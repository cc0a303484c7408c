// What a close writes into the lent array of a plan record where it joins nodes: each line through the node has two rows that
// become one. The lines through a node of the closed line's path are known by the nodes in common with it (`common`).
#![tactic(auto)]

ghost use Rattle.std.specs.Prelude.{◌≡◌, ◌<◌, true, false};
ghost use Rattle.tree.specs.Record.{path_at};
ghost use Rattle.paths.specs.Rules.{set_line, change_lines, join_path, weight_below_on_paths};
ghost use Rattle.joining.specs.Common.{through};
ghost use Rattle.joining.specs.Joinable.{RestUnused, joined_row, JoinableRows, JoinableOnLine, Joinable};

use booking::put_row;
use paths::weight;
use tree::Row;
use tree::line::Line;

mod common;
pub mod levels;

// Whether a weight below a node is another than that of the lines before, v, which is 0 where there were none. The weight 0, where
// a line stands, always is.
fn is_another(v: u16, w: u16) -> bool
    ensures another { result ≡ true → 0 < w → (0 < v) × (w ≡ v → ⊥) }
    ensures same { result ≡ false → (0 < w) × (0 < v → w ≡ v) }
{
    w == 0 || (v != 0 && w != v)
}

// The one weight of the nodes to which all edges of the node at a level lead. There is none where no line goes through it, where
// a line stands under an edge, which has the weight 0 there, or where two of those weights differ.
pub(crate) fn weight_below(rows: &[u16; 1408], common: &[u8; 64], level: usize) -> Option<u16>
    requires level { level < 10 }
    requires rest { RestUnused rows.now (through common.now level) }
    ensures { result ≡ weight_below_on_paths (path_at rows.now) (through common.now level) level }
{
    let mut v = 0;
    for number in 0..64 {
        if level < common[number] as usize {
            let w = weight(rows, Line { number }, level + 1);
            if is_another(v, w) {
                return None;
            }
            v = w;
        }
    }
    if v == 0 {
        return None;
    }
    Some(v)
}

// The row that two rows become where their nodes are joined.
fn joined(node: Row, child: Row) -> Row
    requires { JoinableRows node child }
    ensures { result ≡ joined_row node child }
{
    Row {
        weight: node.weight * child.weight,
        edge: node.edge + node.weight * child.edge,
    }
}

// The node at a level of a line's path is joined with the one below it, on this path alone: the rows after them move up by one,
// from the first on, and the last row becomes unused.
fn join_line(rows: &mut [u16; 1408], line: Line, level: usize)
    requires { JoinableOnLine rows.old line.number level }
    ensures { rows.new ≡ set_line rows.old line.number (join_path level (path_at rows.old line.number)) }
{
    let node = paths::row(rows, line, level);
    let child = paths::row(rows, line, level + 1);
    for k in level + 2..11 {
        let moved = paths::row(rows, line, k);
        put_row(rows, line, k - 1, moved);
    }
    put_row(rows, line, 10, Row { weight: 0, edge: 0 });
    put_row(rows, line, level, joined(node, child));
}

// The node at a level is joined with the nodes below it, on the path of each line that goes through it.
pub(crate) fn join_node(rows: &mut [u16; 1408], common: &[u8; 64], level: usize)
    requires { Joinable rows.old (through common.now level) level }
    ensures { rows.new ≡ change_lines rows.old (through common.now level) (join_path level) 64 }
{
    for number in 0..64 {
        if level < common[number] as usize {
            join_line(rows, Line { number }, level);
        }
    }
}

WHAT THE TASK REQUIRES: What you return should be the lines from the start of the data through the line with "pub mod levels;", quoted exactly and nothing more.

THE ANSWER:
repository cc0a303484c7408c
// What a close writes into the lent array of a plan record where it joins nodes: each line through the node has two rows that
// become one. The lines through a node of the closed line's path are known by the nodes in common with it (`common`).
#![tactic(auto)]

ghost use Rattle.std.specs.Prelude.{◌≡◌, ◌<◌, true, false};
ghost use Rattle.tree.specs.Record.{path_at};
ghost use Rattle.paths.specs.Rules.{set_line, change_lines, join_path, weight_below_on_paths};
ghost use Rattle.joining.specs.Common.{through};
ghost use Rattle.joining.specs.Joinable.{RestUnused, joined_row, JoinableRows, JoinableOnLine, Joinable};

use booking::put_row;
use paths::weight;
use tree::Row;
use tree::line::Line;

mod common;
pub mod levels;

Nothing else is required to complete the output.